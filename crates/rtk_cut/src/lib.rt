//! A part of an observation file: the records on a step and in a span, with each slip of the
//! records that are left out.
//!
//! Its tests: tests/values/src/cut.rt.in.
//!
//! ```rust
//! use rtk_cut::{Part, cut};
//! use rtk_frame::MemSink;
//! use rtk_obs::{Code, GpsMs, Position};
//! use rtk_rinex::{EpochTable, Head, Observed, check_text, header, record};
//! use std::alloc::{AllocError, Global};
//!
//! const NOON: u64 = 1_399_982_400_000;
//!
//! // The record of satellite 5 at a moment.
//! fn record_at(alloc: Global, head: &Head, time: GpsMs, slip: bool) -> Result<Vec<u8>, AllocError> {
//!     let phase = Observed {
//!         phase_millicycles: Some(110_804_903_547),
//!         slip,
//!         ..Observed::default()
//!     };
//!     let mut epoch = EpochTable::new(time);
//!     epoch.push_row(5, &[phase]);
//!     record(alloc, head, &epoch)
//! }
//!
//! // Of records at 0, 15 and 30 s the part at each 30 s: the record at 15 s is left out, and its slip is
//! // shown at 30 s.
//! fn example(alloc: Global) -> Result<bool, AllocError> {
//!     let (Some(first), Some(second), Some(third)) = (
//!         GpsMs::new(NOON),
//!         GpsMs::new(NOON + 15_000),
//!         GpsMs::new(NOON + 30_000),
//!     ) else {
//!         return Ok(false);
//!     };
//!     let Ok(head) = Head::new(b"BASE", &[Code::G1C], first) else {
//!         return Ok(false);
//!     };
//!     let Some(position) = Position::new(0, 0, 0, 0) else {
//!         return Ok(false);
//!     };
//!     let mut want = header(alloc, &head, &position, first)?;
//!     want.extend_from_slice(record_at(alloc, &head, first, false)?.as_slice())?;
//!     let mut file = Vec::from_slice(alloc, want.as_slice())?;
//!     file.extend_from_slice(record_at(alloc, &head, second, true)?.as_slice())?;
//!     file.extend_from_slice(record_at(alloc, &head, third, false)?.as_slice())?;
//!     want.extend_from_slice(record_at(alloc, &head, third, true)?.as_slice())?;
//!     let Ok(table) = check_text(file.as_slice()) else {
//!         return Ok(false);
//!     };
//!     let part = Part {
//!         from: None,
//!         until: None,
//!         every: Some(30),
//!     };
//!     let mut out = MemSink::new(alloc, 65_536, 4_096)?;
//!     let is_cut = cut(alloc, &table, part, &mut out).is_ok();
//!     Ok(is_cut && out.bytes() == want.as_slice())
//! }
//! ```

#![tactic(auto)]

mod counts;
mod epoch_file;
mod extent;
mod fault;
mod gps_file;
mod kept_file;
mod kept_head;
mod kept_laws;
mod laws;
mod mixed_file;
mod part;
mod part_file;
mod part_records;
mod part_writer;
mod slips;

pub use counts::CutCounts;
pub use extent::{Extent, extent_of_mixed_part, extent_of_part};
pub use fault::CutFault;
pub use kept_file::keep_systems;
pub use kept_head::first_absent;
pub use kept_laws::{kept_files_are_tables, kept_rows_stay};
pub use laws::{
    epochs_are_of_files, others_stay, own_step_gives_file, parts_are_tables, parts_are_written,
    records_are_asked_for, records_are_own, slips_are_found, slips_are_kept, spans_join,
};
pub use part::{GREATEST_STEP_S, Part};
pub use part_file::{cut, cut_mixed};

-=-=-

Required work:
Tally the lines of the data that contain the string "NOON", and report nothing but the tally.

Output of the task:
4